NCAR / tiegcm

Other
3 stars 2 forks source link

seg fault when running benchmark run dec2006_heelis_gpi #20

Open mfleduc opened 2 weeks ago

mfleduc commented 2 weeks ago

Hello! I am having an issue trying to run the dec2006_heelis_gpi benchmark run in an interactive job on derecho. I have followed the documentation to ensure that I have the proper modules, python packages, etc loaded in my conda environment.

Upon running the command

python $TIEGCMHOME/tiegcmrun/tiegcmrun.py -bench dec2006_heelis_gpi -c -e

I am prompted to use the command

mpirun $TIEGCMHOME/exec/tiegcm.exe $TIEGCMHOME/stdout/dec2006_heelis_gpi_2.5x0.25.inp

consistent with the data directory that I have supplied though $TIEGCMDATA. I have attached the input file as well. This makes a copy of the source file in the /hist/ directory with a few other fields (corresponding to input files) and then the model segfaults.

I have already tried setting ulimit -s unlimited as advised in other places and have not had any success. I have the same issue if I submit the decsol_smin job as a batch job. The .inp and output files are attached as well.

Has anyone else seen this issue?

dec2006_heelis_gpi_2.5x0.25.inp.txt error from tiegcm.txt decsol_smax_2.5x0.25.inp.txt decsol_smax.out.txt

hzfywhn commented 2 weeks ago

I notice that you are using a different data directory than we hosted. Can you try /glade/campaign/hao/itmodel/tiegcm3.0/data to see if it proceeds?

hzfywhn commented 2 weeks ago

Are you trying to do a REMIX driven TIEGCM run? If it is, please check if the "msphere.mix.h5" is in the same folder as the TIEGCM executable. If not, comment out the MIXFILE line in the input file.

On Thu, Aug 29, 2024 at 3:41 PM Matthew LeDuc @.***> wrote:

Thank you! The seg fault still occurs if I use data from that folder.

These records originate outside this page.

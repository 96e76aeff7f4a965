ghost use Rattle.std.specs.Prelude.{◌≡◌, ℕ, ◌<◌, ◌↔◌, OnOk, IfOk};
ghost use Rattle.std.specs.List.{Contains};
ghost use Rattle.flow_graph.specs.Calls.{callee_of};
ghost use Rattle.recursion_groups.specs.Calls.{Calls, IsCalled, AreCalls, Gains};

use c_tree::Memory;
use flow_graph::{Action, Edge, Graph, Numbers};
use std::alloc::Global;

/// The procedure that an edge calls.
fn callee(edge: &Edge) -> Option<u32>
    ensures { result ≡ callee_of edge.now.action }
{
    match &edge.action {
        Action::Call(_, callee, _) => Some(*callee),
        _ => None,
    }
}

/// Adds the procedures with bodies that these edges call.
fn add_callees(edges: &[Edge], bodies: u32, callees: &mut Vec<u32>) -> Result<(), Memory>
    ensures { OnOk result (Gains callees.old.items callees.new.items (IsCalled bodies edges.now)) }
{
    for edge in edges {
        if let Some(called) = callee(edge) {
            if called < bodies {
                callees.push(called)?;
            }
        }
    }
    Ok(())
}

/// The procedures with bodies that a procedure calls, once for each call.
fn callees(alloc: Global, graph: &Graph, proc: u32) -> Result<Numbers, Memory>
    requires { proc < graph.now.bodies }
    ensures { IfOk result (λ us. (q : ℕ) → Contains us q ↔ Calls graph.now proc q) }
{
    let mut items = Vec::new(alloc);
    let bodies = graph.bodies();
    for place in 0..graph.places(proc).len() as u32 {
        add_callees(graph.edges_from(proc, place), bodies, &mut items)?;
    }
    Ok(Numbers { items })
}

/// What each procedure with a body calls.
pub(crate) fn call_lists(alloc: Global, graph: &Graph) -> Result<Vec<Numbers>, Memory>
    ensures { IfOk result (λ calls. AreCalls graph.now calls.items) }
{
    let mut calls = Vec::new(alloc);
    for proc in 0..graph.bodies() {
        calls.push(callees(alloc, graph, proc)?)?;
    }
    Ok(calls)
}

— Reply to this email directly, view it on GitHub https://github.com/NCAR/tiegcm/issues/20#issuecomment-2319073392, or unsubscribe https://github.com/notifications/unsubscribe-auth/A2TQOKECUKJJVW5CKRXGHMLZT6IPBAVCNFSM6AAAAABNJGPRFOVHI2DSMVQWIX3LMV43OSLTON2WKQ3PNVWWK3TUHMZDGMJZGA3TGMZZGI . You are receiving this because you commented.Message ID: @.***>

mfleduc commented 2 weeks ago

The run still segfaults if I use the suggested directory and if I comment out the MIXFILE line in the input file. I do not have any file of that name anywhere, should it have been automatically generated?

hzfywhn commented 2 weeks ago

MIXFILE is an optional input. I actually successfully did a run based on your input file, now I believe your failing run is due to the corrupted source file. Please regenerate it using tiegcmrun based on /glade/campaign/hao/itmodel/tiegcm3.0/data/2.5x0.25_z11/decsol_f70.nc

On Fri, Aug 30, 2024 at 9:30 AM Matthew LeDuc @.***> wrote:

The run still segfaults if I use the suggested directory and if I comment out the MIXFILE line in the input file. I do not have any file of that name anywhere, should it have been automatically generated?

— Reply to this email directly, view it on GitHub https://github.com/NCAR/tiegcm/issues/20#issuecomment-2321625447, or unsubscribe https://github.com/notifications/unsubscribe-auth/A2TQOKH4KS6JR6GQF3L2ZK3ZUCF25AVCNFSM6AAAAABNJGPRFOVHI2DSMVQWIX3LMV43OSLTON2WKQ3PNVWWK3TUHMZDGMRRGYZDKNBUG4 . You are receiving this because you commented.Message ID: @.***>

AnonNick commented 2 weeks ago

The MIXFILE seems to have a faulty default. I'll push a fix to not populate that parameter. You should be able to remove / comment out that line and do a run. Thank you for figuring it out.

Due to a recent update the source files that were previously being used for TEIGCM are showing errors. You should find the list of working SOURCE files here: /glade/campaign/hao/itmodel/tiegcm3.0/data/2.5x0.25_z11/ For benchmarks, if the benchmark name is _smax use _f200.nc files if its _smin use _f70.nc files.

Following benchmarks are working: Seasons:

The following benchmarks are not available at the moment due to this issue. Storms:

Climatology:

A fix for automatically suggesting SOURCE files to user is in the works in the dev_engage branch.

mfleduc commented 2 weeks ago

Thank you both very much! I will update when I have gotten everything to go correctly, although this probably won't be until Tuesday.